Dawkins rephrases the word purpose in terms of what economists call a utility function, meaning "that which is maximised". Engineers often investigate the intended purpose (or utility function) of a piece of equipment using reverse engineering. Dawkins uses this technique to reverse-engineer the purpose in the mind of the Divine Engineer of Nature, or the Utility Function of God.

According to Dawkins, it is a mistake to assume that an ecosystem or a species as a whole exists for a purpose. In fact, it is wrong to suppose that individual organisms lead a meaningful life either. In nature, only genes have a utility function – to perpetuate their own existence with indifference to great sufferings inflicted upon the organisms they build, exploit and discard. As hinted at in chapter one, genes are the supreme lords of the natural world. In other words, the unit of selection is the gene, not an individual, or any other higher-order group as championed by proponents of group selection.

As long as an organism survives its childhood and manages to reproduce thus passing its genes down to the next generation, what happens to the parent organism afterwards does not really bother genes. Because an organism is always at the danger of dying from accidents (a waste of investment), it pays for the genes to build an organism which pools almost all its resources to produce offspring as early as possible. Thus we accumulate damages to our body as we age and harbour late-onset diseases such as Huntington's disease which have minimum impact on the evolutionary success of our gene overlords.

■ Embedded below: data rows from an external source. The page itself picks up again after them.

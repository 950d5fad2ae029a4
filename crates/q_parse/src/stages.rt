//! Where the reader of a query is, and what stands open around it.

ghost use Rattle.std.specs.Prelude.{◌≡◌};
ghost use Rattle.q_parse.specs.declared.stages.StepError.TheVariants.{Memory as OutOfMemory};

use ct_base::{Listed, Memory, Name};
use q_lex::Infix;
use q_tree::{Leaf, Query, Relation, SumStep, Word};
use std::alloc::{AllocError, AllocFailed};

/// What a group of terms is: a parenthesis, an operand of NEAR behind other ones, or what DEFINESCORE scores.
#[derive(Drop)]
pub(crate) enum Kind {
    InGroup,
    InNear(Listed<Listed<Leaf>>),
    InDefine,
}

/// What stands open around the stage.
#[derive(Drop)]
pub(crate) enum Frame {
    Left(Infix, Query),
    Group,
    Chain(Listed<Listed<Leaf>>),
    TermsOf(Kind, Listed<Leaf>),
}

/// What stands open in a sum.
#[derive(Drop)]
pub(crate) enum SumFrame {
    SumLeft(SumStep),
    SumOpen,
}

/// Where in the grammar the reader is, within the frames.
#[derive(Drop)]
pub(crate) enum Stage {
    Operand,
    InPhrase(Listed<Listed<Word>>),
    AfterEquiv(Listed<Listed<Word>>),
    ThesOpen(Relation),
    ThesFirst(Relation),
    ThesWords(Relation, Listed<Word>),
    ThesArgument(Relation, Listed<Word>),
    ThesLevel(Relation, Listed<Word>, u8),
    ThesName(Relation, Listed<Word>, u8),
    ThesClose(Relation, Listed<Word>, u8, Name),
    After(u8, Query),
    AfterChain(Listed<Listed<Leaf>>),
    AfterTerms,
    Factor(Query),
    Threshold(Query),
    SectionName(Query),
    NearWord,
    NearOpen,
    NearEnd(Listed<Listed<Leaf>>),
    NearSpan(Listed<Listed<Leaf>>),
    NearOrder(Listed<Listed<Leaf>>, u8),
    NearFlag(Listed<Listed<Leaf>>, u8),
    NearClose(Listed<Listed<Leaf>>, u8, bool),
    DefineWord,
    SumOperand(Listed<Leaf>, Listed<SumStep>, Vec<SumFrame>, u32),
    SumAfter(Listed<Leaf>, Listed<SumStep>, Vec<SumFrame>, u32),
}

/// Why a step gave no stage.
#[derive(Debug, Drop)]
pub(crate) enum StepError {
    Refused,
    Memory,
}

impl From<Memory> for StepError {
    ghost from_gives = { λ _ e. e ≡ OutOfMemory };

    fn from(_: Memory) -> StepError {
        StepError::Memory
    }
}

impl From<AllocError> for StepError {
    ghost from_gives = { λ _ e. e ≡ OutOfMemory };

    fn from(_: AllocError) -> StepError {
        StepError::Memory
    }
}

impl<T: Drop> From<AllocFailed<T>> for StepError {
    ghost from_gives = { λ _ e. e ≡ OutOfMemory };

    fn from(_: AllocFailed<T>) -> StepError {
        StepError::Memory
    }
}
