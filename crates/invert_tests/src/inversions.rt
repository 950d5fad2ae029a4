//! What inversions give, and that two parts are worked at once.

ghost use Rattle.std.specs.Prelude.{◌≡◌, ◌+◌, ◌<◌, ◌^◌, ◌∷◌, [], IfOk, length};
ghost use Rattle.ix_invert.specs.Inverting.{posting};

use ct_base::{DocId, Memory, Pair, Pairs, Text};
use ix_invert::{Piece, Posting, invert};
use std::alloc::Global;
use std::sync::atomic::{AtomicBool, Ordering};
use std::test::Fail;
use std::thread;
use std::thread::Threads;
use tx_chars::Key;

/// How often one text's reader looks for the other's flag.
const TURNS: u32 = 200_000;

/// Its two readers raise a flag each, and look for that of the other.
#[derive(Drop)]
struct Meeting {
    first: AtomicBool,
    second: AtomicBool,
    first_met: AtomicBool,
    second_met: AtomicBool,
}

/// Raises a flag and looks for another; notes whether it was seen.
fn meet(mine: &AtomicBool, other: &AtomicBool, met: &AtomicBool) {
    mine.store(true, Ordering::SeqCst);
    for _ in 0..TURNS {
        if other.load(Ordering::SeqCst) {
            met.store(true, Ordering::SeqCst);
            return;
        }
        thread::yield_now();
    }
}

impl Piece for Meeting {
    ghost use Rattle.std.specs.Prelude.{[]};

    ghost postings = { λ m n t. [] };

    fn entries(&self, alloc: Global, number: u32, _text: &str) -> Result<Vec<Posting>, Memory> {
        if number == 1 {
            meet(&self.first, &self.second, &self.first_met);
        } else {
            meet(&self.second, &self.first, &self.second_met);
        }
        Ok(Vec::new(alloc))
    }
}

/// Whether both readers of two texts saw the other's flag, with so many threads.
fn both_met<R: Threads + Sync>(rt: &R, alloc: Global, degree: u32) -> Result<bool, Memory> {
    let meeting = Meeting {
        first: AtomicBool::new(false),
        second: AtomicBool::new(false),
        first_met: AtomicBool::new(false),
        second_met: AtomicBool::new(false),
    };
    let texts = [Text::of(alloc, "a")?, Text::of(alloc, "b")?];
    invert(rt, alloc, &meeting, 1, &texts, degree)?;
    Ok(meeting.first_met.load(Ordering::SeqCst) && meeting.second_met.load(Ordering::SeqCst))
}

#[test]
fn two_parts_at_once(rt: HostRuntime) -> Result<(), Fail> {
    let alloc = rt.alloc();
    assert!(rt; both_met(&rt, alloc, 2)?);
    assert!(rt; !both_met(&rt, alloc, 1)?);
    Ok(())
}

/// Reads the first text as `b a`, and every other one as `a`.
#[derive(Drop)]
struct Letters;

/// A letter of a document in the main stream, at one position.
fn posting(alloc: Global, letter: u8, document: u32, position: u32) -> Result<Posting, Memory>
    ensures { IfOk result (λ p. p ≡ posting 0 (letter ∷ []) document position) }
{
    let mut token = Vec::new(alloc);
    token.push(letter)?;
    let mut places = Vec::new(alloc);
    places.push(Pair {
        first: position,
        last: position,
    })?;
    Ok(Posting {
        stream: 0,
        token: Key::of(token),
        doc: DocId(document),
        places: Pairs::of(places),
    })
}

/// The postings of `b a` as the document 1.
fn two_letters(alloc: Global) -> Result<Vec<Posting>, Memory>
    ensures { IfOk result (λ v. v.items ≡ posting 0 (98 ∷ []) 1 1 ∷ posting 0 (97 ∷ []) 1 2 ∷ []) }
{
    let mut postings = Vec::new(alloc);
    postings.push(posting(alloc, b'b', 1, 1)?)?;
    postings.push(posting(alloc, b'a', 1, 2)?)?;
    Ok(postings)
}

/// The posting of `a` as this document.
fn one_letter(alloc: Global, document: u32) -> Result<Vec<Posting>, Memory>
    ensures { IfOk result (λ v. v.items ≡ posting 0 (97 ∷ []) document 1 ∷ []) }
{
    let mut postings = Vec::new(alloc);
    postings.push(posting(alloc, b'a', document, 1)?)?;
    Ok(postings)
}

impl Piece for Letters {
    ghost use Rattle.std.specs.Prelude.{◌==◌, ◌∷◌, []};
    ghost use Rattle.std.specs.Bool.{if◌then◌else◌};
    ghost use Rattle.ix_invert.specs.Inverting.{posting};

    ghost postings = { λ m n t. if n == 1 then posting 0 (98 ∷ []) 1 1 ∷ posting 0 (97 ∷ []) 1 2 ∷ [] else posting 0 (97 ∷ []) n 1 ∷ [] };

    fn entries(&self, alloc: Global, number: u32, _text: &str) -> Result<Vec<Posting>, Memory> {
        if number == 1 {
            two_letters(alloc)
        } else {
            one_letter(alloc, number)
        }
    }
}

/// The inversion of texts, with so many threads, as text: of each posting its letter, its document and its position.
fn inverted<R: Threads + Sync>(
    rt: &R,
    alloc: Global,
    texts: &[Text],
    degree: u32,
) -> Result<Vec<u8>, Memory>
    requires { 1 + length texts.now < 2 ^ 32 }
{
    let mut seen = Vec::new(alloc);
    for posting in invert(rt, alloc, &Letters, 1, texts, degree)? {
        seen.extend_from_slice(posting.token.as_slice())?;
        seen.push((posting.doc.0 % 10) as u8 + b'0')?;
        for place in posting.places.as_slice() {
            seen.push((place.first % 10) as u8 + b'0')?;
        }
    }
    Ok(seen)
}

#[test]
fn by_letter_and_then_by_document(rt: HostRuntime) -> Result<(), Fail> {
    let alloc = rt.alloc();
    let texts = [
        Text::of(alloc, "b a")?,
        Text::of(alloc, "a")?,
        Text::of(alloc, "a")?,
    ];
    for (count, degree, want) in [
        (0, 0, ""),
        (0, 1, ""),
        (0, 16, ""),
        (2, 1, "a12a21b11"),
        (2, 2, "a12a21b11"),
        (3, 2, "a12a21a31b11"),
        (3, 16, "a12a21a31b11"),
    ] {
        let seen = inverted(&rt, alloc, &texts[..count], degree)?;
        assert_eq!(rt;
            seen.as_slice(),
            want.as_bytes(),
            "{count} texts, {degree} threads"
        );
    }
    Ok(())
}

/// Asks for more memory than there is, to read one of its texts.
#[derive(Drop)]
struct Greedy {
    document: u32,
}

/// More postings than any memory holds.
const TOO_MANY: usize = 1 << 60;

impl Piece for Greedy {
    ghost use Rattle.std.specs.Prelude.{[]};

    ghost postings = { λ m n t. [] };

    fn entries(&self, alloc: Global, number: u32, _text: &str) -> Result<Vec<Posting>, Memory> {
        let mut postings = Vec::new(alloc);
        if number == self.document {
            postings.reserve(TOO_MANY)?;
        }
        Ok(postings)
    }
}

/// Whether three texts are refused for want of memory, where this document asks for too much, with so many threads.
fn is_refused<R: Threads + Sync>(
    rt: &R,
    alloc: Global,
    document: u32,
    degree: u32,
) -> Result<bool, Memory> {
    let texts = [
        Text::of(alloc, "a")?,
        Text::of(alloc, "b")?,
        Text::of(alloc, "c")?,
    ];
    let found = invert(rt, alloc, &Greedy { document }, 1, &texts, degree);
    Ok(found.is_err())
}

/// Where memory is wanting in one part, it is for all.
#[test]
fn memory_wanting_in_a_part(rt: HostRuntime) -> Result<(), Fail> {
    let alloc = rt.alloc();
    for (document, degree, want) in [
        (1, 1, true),
        (1, 2, true),
        (2, 3, true),
        (3, 2, true),
        (3, 16, true),
        (4, 2, false),
    ] {
        let is = is_refused(&rt, alloc, document, degree)?;
        assert_eq!(rt; is, want, "the document {document}, {degree} threads");
    }
    Ok(())
}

Genes, Dawkins argues, are indifferent to who or what gets hurt, so long as DNA is passed on. He concludes:

 During the minute it takes me to compose this sentence, thousands of animals are being eaten alive; others are running for their lives, whimpering with fear; others are being slowly devoured from within by rasping parasites; thousands of all kinds are dying from starvation, thirst and disease. It must be so. If there is ever a time of plenty, this very fact will automatically lead to an increase in population until the natural state of starvation and misery is restored.

=== The replication bomb ===

In the last chapter, Dawkins considers how Darwinian evolution may look outside planet Earth. It seems that the trigger event would be the spontaneous arising of self-replicating entities or the phenomenon of heredity. Once this process is initiated, it will launch an explosion of replicating entities until all available resources are used and all vacant niches are taken. Thus the title of the chapter.

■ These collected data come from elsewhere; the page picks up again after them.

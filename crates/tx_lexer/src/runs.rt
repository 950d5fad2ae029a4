//! The run of places that is being read.

ghost use Rattle.std.specs.Prelude.{◌≡◌, [], ◌++◌, OnOk};
ghost use Rattle.std.specs.Str.{chars};
ghost use Rattle.std.specs.String.{string_bytes};
ghost use Rattle.tx_lexer.specs.Tokens.{own, rules, token};

use crate::endings::{ends_paragraph, ends_sentence};
use crate::options::LexerOptions;
use crate::roles::Role;
use crate::tokens::Token;
use ct_base::{Memory, push_char};
use std::alloc::Global;
use tx_chars::key;

/// Places that nothing cuts from one another, as far as they have been read.
#[derive(Drop)]
pub(crate) struct Run {
    /// The role of the last place.
    pub(crate) role: Role,
    /// The characters without the skipped ones.
    pub(crate) text: String,
    /// The place of the first byte.
    pub(crate) start: u32,
}

impl Run {
    /// A run without places, which is no token.
    pub(crate) fn new(alloc: Global) -> Run
        ensures role { result.role ≡ Role.Out }
        ensures text { string_bytes result.text ≡ [] }
        ensures start { result.start ≡ 0 }
    {
        Run {
            role: Role::Out,
            text: String::new(alloc),
            start: 0,
        }
    }

    /// Leaves all places, to go on from this one.
    pub(crate) fn restart(&mut self, start: u32)
        ensures role { self.new.role ≡ self.old.role }
        ensures text { string_bytes self.new.text ≡ [] }
        ensures start { self.new.start ≡ start }
    {
        self.text.clear();
        self.start = start;
    }

    /// Takes the next place, a character in this role.
    pub(crate) fn take(&mut self, role: Role, c: char) -> Result<(), Memory>
        ensures role { OnOk result (self.new.role ≡ role) }
        ensures text { OnOk result (chars (string_bytes self.new.text)
            ≡ chars (string_bytes self.old.text) ++ own role c) }
        ensures start { self.new.start ≡ self.old.start }
    {
        if role != Role::Skip {
            push_char(&mut self.text, c)?;
        }
        self.role = role;
        Ok(())
    }

    /// Puts the token that the run is, if it is one. The run ends at the place `end`, and `after` is what follows it.
    pub(crate) fn put(
        &self,
        alloc: Global,
        options: &LexerOptions,
        tokens: &mut Vec<Token>,
        end: u32,
        after: &str,
    ) -> Result<(), Memory>
        ensures { let text = chars (string_bytes self.now.text) in OnOk result (tokens.new.items
            ≡ tokens.old.items ++ token (rules options.now) self.now.role text self.now.start end (chars after.now)) }
    {
        if self.role == Role::Out {
            return Ok(());
        }
        let key = key(
            alloc,
            self.text.as_str(),
            options.base_letter,
            options.mixed_case,
        )?;
        if key.as_slice().is_empty() {
            return Ok(());
        }
        tokens.push(Token {
            key,
            start: self.start,
            end,
            ends_sentence: ends_sentence(options, after),
            ends_paragraph: ends_paragraph(options, after),
        })?;
        Ok(())
    }
}
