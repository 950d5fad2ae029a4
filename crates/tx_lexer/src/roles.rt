//! What each place of a text is for the tokens around it.

ghost use Rattle.std.specs.Prelude.{◌≡◌, ◌||◌};
ghost use Rattle.tx_lexer.specs.Tokens.{is_core, is_core_at, is_cut, is_digit_at, is_this, role_at};

use crate::options::LexerOptions;
use tx_chars::{is_digit, is_word};

/// What a character of a text is for the tokens around it.
#[derive(Clone, Copy, Debug, PartialEq, Eq)]
pub enum Role {
    /// Belongs to no token.
    Out,
    /// A character of words.
    Core,
    /// Joins digits within a number.
    Number,
    /// Stands inside a token and isn't part of its text.
    Skip,
    /// Begins a token.
    Start,
    /// Ends a token.
    End,
}

/// Whether the text is cut between two neighbours of these roles.
pub(crate) fn is_cut(role: Role, next: Role) -> bool
    ensures { result ≡ is_cut role next }
{
    match role {
        Role::Out | Role::End => true,
        _ => matches!(next, Role::Out | Role::Start),
    }
}

/// The role of a character between its neighbours.
pub(crate) fn role_at(
    options: &LexerOptions,
    before: Option<char>,
    c: char,
    after: Option<char>,
) -> Role
    ensures { result ≡ role_at options.now before c after }
{
    if is_core(options, c) {
        Role::Core
    } else if options.skipjoins.has(c)
        && is_core_at(options, before)
        && is_core_at(options, after)
    {
        Role::Skip
    } else if joins_digits(options, c) && is_digit_at(before) && is_digit_at(after) {
        Role::Number
    } else if options.startjoins.has(c) && is_core_at(options, after) {
        Role::Start
    } else if options.endjoins.has(c) && is_core_at(options, before) {
        Role::End
    } else {
        Role::Out
    }
}

/// Whether the character belongs to words.
fn is_core(options: &LexerOptions, c: char) -> bool
    ensures { result ≡ is_core options.now c }
{
    is_word(c) || options.printjoins.has(c)
}

/// Whether there is a character, and of words.
fn is_core_at(options: &LexerOptions, c: Option<char>) -> bool
    ensures { result ≡ is_core_at options.now c }
{
    match c {
        Some(c) => is_core(options, c),
        None => false,
    }
}

/// Whether the character joins two digits into one number.
fn joins_digits(options: &LexerOptions, c: char) -> bool
    ensures { result ≡ (is_this options.now.numjoin c || is_this options.now.numgroup c) }
{
    is_this(options.numjoin, c) || is_this(options.numgroup, c)
}

fn is_this(one: Option<char>, c: char) -> bool
    ensures { result ≡ is_this one c }
{
    match one {
        Some(d) => d == c,
        None => false,
    }
}

/// Whether there is a character, and a decimal digit.
fn is_digit_at(c: Option<char>) -> bool
    ensures { result ≡ is_digit_at c }
{
    match c {
        Some(c) => is_digit(c),
        None => false,
    }
}
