//! Tests of the arguments of the command, statements, conditions and lines, apart from the crates that they test: docs/ARCHITECTURE.md says why.
#![tactic(auto)]

#[cfg(test)]
mod arguments;
#[cfg(test)]
mod conditions;
#[cfg(test)]
mod lines;
#[cfg(test)]
mod scripts;
#[cfg(test)]
mod statements;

Dawkins tries to distill ten milestones from the history of the only one replication bomb we know of, life on Earth. He strips any local conditions peculiar to Earth from these milestones which he calls thresholds, in the hope that these thresholds will be applicable to an alien evolution in an alien planetary system.

From the starting point of the Replicator Threshold, we may eventually reach the higher thresholds of Consciousness, Language, Technology, and Radio. The final threshold is Space Travel. In reaching the Moon, we have hardly made it past the front door.